Friday, 12 October 2012
















Мы шли по августу и сентябрю, дичали. Видели Море. 
Оно, как любой водоем, - линия горизонта и серповидный залив его купируют и умаляют. Но когда оно держит, или когда назавтра - шторм, и оно раскачивается и плюется - все шире.
Шквал. Вспенилось, потемнело, порвалось море - и скомканные камни зашуршали, скатываясь, заворачиваясь в волну. Нашу палатку гнуло к земле, мы держали мокрые стены руками и читали хазарский словарь. Не по себе спать, когда огромная волна норовит слизать и нас, и собранные рапаны, и грязные носочки.
Море принимает и не принимает. Сколько просоленных медул фундука я отыскала в линии прибоя, где целофан, резина, веточки, - волна выносит. И уносит - мои заколки. 
Ребячий хохот у Сережи от прибойной волны. Как будто кувыркают его большие звериные лары. Море вновь делает тебя маленьким, оно ласково.
/
Соленая вода, проникая, портила почки. Коровы ходили по безлюдью и делали лепешки у дверей палатки. Они озирались на голые задницы. По вечерам кто-то вдалеке стрелял птиц. А потом нас спасли, и мы поселились на горе. Там на ступенях хрустели под ногой колотые улитки.  
Рой улиток круглый год скользит по склонам Аджарии к турецкой границе. Среди них обнаружился сморщенный индиговый слизень Bielzia coerulans, величиной и обликом как абрикосовая косточка, эндемик Карпат
Влажность, от моря отраженное на горы солнце - и царствуют буйные, почти тропические Растения. Платаны огромны. Эвкалипты-серебристые-великаны качают воду из земли. Рыжие дети прячутся в криптомериях. 

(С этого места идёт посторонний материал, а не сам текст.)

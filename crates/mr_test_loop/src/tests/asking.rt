//! What nodes are asked, and in which order clients are told.
use super::WIDE;
use super::playing::Step::{self, *};
use super::playing::play;
use mr_loop::{LinkEnd, Pause};

/// A get of keys of three nodes, which answer in another order.
static MANY_KEYS: [Step; 10] = [
    Reads(1300),
    Sends(0, b"get a b c\r\n", Pause::NeedsBytes),
    Asked(3, b"get a\r\n"),
    Asked(4, b"get b\r\n"),
    Asked(2, b"get c\r\n"),
    Says(2, b"VALUE c 0 1\r\n3\r\nEND\r\n", LinkEnd::Whole),
    Says(4, b"END\r\n", LinkEnd::Whole),
    Told(0, b""),
    Says(3, b"VALUE a 7 2\r\n11\r\nEND\r\n", LinkEnd::Whole),
    Told(0, b"VALUE a 7 2\r\n11\r\nVALUE c 0 1\r\n3\r\nEND\r\n"),
];

#[test]
fn items_come_in_the_order_of_the_keys(rt: HostRuntime) {
    let _ = play(&rt, rt.alloc(), 8, WIDE, &MANY_KEYS);
}

/// Requests of all kinds, sent at once; their nodes answer in another order.
static PIPELINE: [Step; 15] = [
    Reads(1300),
    Sends(
        0,
        b"get a\r\nset b 5 0 1\r\nx\r\nnonsense\r\ndelete c\r\nget b\r\n",
        Pause::NeedsBytes,
    ),
    Asked(3, b"get a\r\n"),
    Asked(4, b"set b 5 0 1\r\nx\r\nget b\r\n"),
    Asked(2, b"delete c\r\n"),
    Says(4, b"STORED\r\nVALUE b 5 1\r\nx\r\nEND\r\n", LinkEnd::Whole),
    Told(0, b""),
    Says(2, b"NOT_FOUND\r\n", LinkEnd::Whole),
    Told(0, b""),
    IsFinished(0, false),
    Ends(0, Pause::IsDone),
    IsFinished(0, false),
    Says(3, b"END\r\n", LinkEnd::Whole),
    Told(
        0,
        b"END\r\nSTORED\r\nERROR\r\nNOT_FOUND\r\nVALUE b 5 1\r\nx\r\nEND\r\n",
    ),
    IsFinished(0, true),
];

#[test]
fn answers_come_in_the_order_of_the_requests(rt: HostRuntime) {
    let _ = play(&rt, rt.alloc(), 8, WIDE, &PIPELINE);
}

/// In the two phases between, a delete goes to both pools; it is answered once both replied, by the worse reply.
static BOTH_POOLS: [Step; 7] = [
    Reads(1000),
    Sends(0, b"delete k\r\n", Pause::NeedsBytes),
    Asked(1, b"delete k\r\n"),
    Asked(4, b"delete k\r\n"),
    Says(4, b"DELETED\r\n", LinkEnd::Whole),
    Told(0, b""),
    Says(1, b"NOT_FOUND\r\n", LinkEnd::Whole),
];

#[test]
fn delete_awaits_both_pools(rt: HostRuntime) {
    let mut run = play(&rt, rt.alloc(), 8, WIDE, &BOTH_POOLS);
    super::playing::is_told(&rt, 7, &mut run.proxy, 0, b"NOT_FOUND\r\n");
}

/// Nodes are asked for an answer that the client doesn't want, so that each leg has a reply.
static SILENT: [Step; 8] = [
    Sends(
        0,
        b"set k 0 0 1 noreply\r\nx\r\ndelete k 0 noreply\r\nget k\r\n",
        Pause::NeedsBytes,
    ),
    Asked(1, b"set k 0 0 1\r\nx\r\ndelete k\r\nget k\r\n"),
    Says(1, b"STORED\r\nDELETED\r\n", LinkEnd::Whole),
    Told(0, b""),
    Says(1, b"END\r\n", LinkEnd::Whole),
    Told(0, b"END\r\n"),
    Sends(0, b"set k 0 0 1 noreply\r\nx\r\nquit\r\n", Pause::IsDone),
    IsFinished(0, false),
];

#[test]
fn client_that_wants_no_answer_is_told_none(rt: HostRuntime) {
    let _ = play(&rt, rt.alloc(), 8, WIDE, &SILENT);
}

/// A quit ends what is read, and its client is closed once it was told all.
static QUIT: [Step; 8] = [
    Sends(0, b"get k\r\nquit\r\nget a\r\n", Pause::IsDone),
    Asked(1, b"get k\r\n"),
    IsFinished(0, false),
    Sends(0, b"get a\r\n", Pause::IsDone),
    Says(1, b"END\r\n", LinkEnd::Whole),
    IsFinished(0, false),
    Told(0, b"END\r\n"),
    IsFinished(0, true),
];

#[test]
fn quit_ends_what_is_read(rt: HostRuntime) {
    let _ = play(&rt, rt.alloc(), 8, WIDE, &QUIT);
}

/// A text that can't be read on is answered, in its turn, and nothing behind it is read.
static UNREADABLE: [Step; 6] = [
    Sends(0, b"get k\r\nget\r\nget a\r\n", Pause::IsDone),
    Asked(1, b"get k\r\n"),
    Told(0, b""),
    Says(1, b"END\r\n", LinkEnd::Whole),
    Told(0, b"END\r\nCLIENT_ERROR wrong words\r\n"),
    IsFinished(0, true),
];

#[test]
fn unreadable_text_is_answered_in_its_turn(rt: HostRuntime) {
    let _ = play(&rt, rt.alloc(), 8, WIDE, &UNREADABLE);
}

Люди, живущие с морем, с магнолиями и мандаринами, сушат и сушат в соленой влажности свои яркие полотенца, множество полотенец, развешенных на всех балконах всех своих разноцветных бунгало. Южные, они, в шлепанцах, в махровых "саронгах", напоминают одетых маохи, а их домики-отели - неопределенное таитянско-вьетнамское курортное побережье. 
Но там хорошо. Хорошо, эстетично, сидеть на кухне с видом на шторм да в дождь, с видом на лозу винограда и мандариновые плантации, ждать Сережу и Гию - и есть козий сыр, сливы, персики. И колоть фундук, подперев челюсть рукой.

Мы отдохнули и побежали от Гии в Армению. Гия жил на Мтацминде, имел пса величиной с гараж и свойство проявлять свое кавказское гостеприимство чрезмерно.
В окне машины, которая в полночь везла нас с Мтацминды, я увидела в крытом разъезде, где запрещена остановка машин, старую женщину в черном. Она стояла на обочине и держала воздушные шарики. 
Грузия запомнилась крохотными траурными старушками, которые сидят с кружкой, и совсем маленькими детьми, которые лежат на картоне.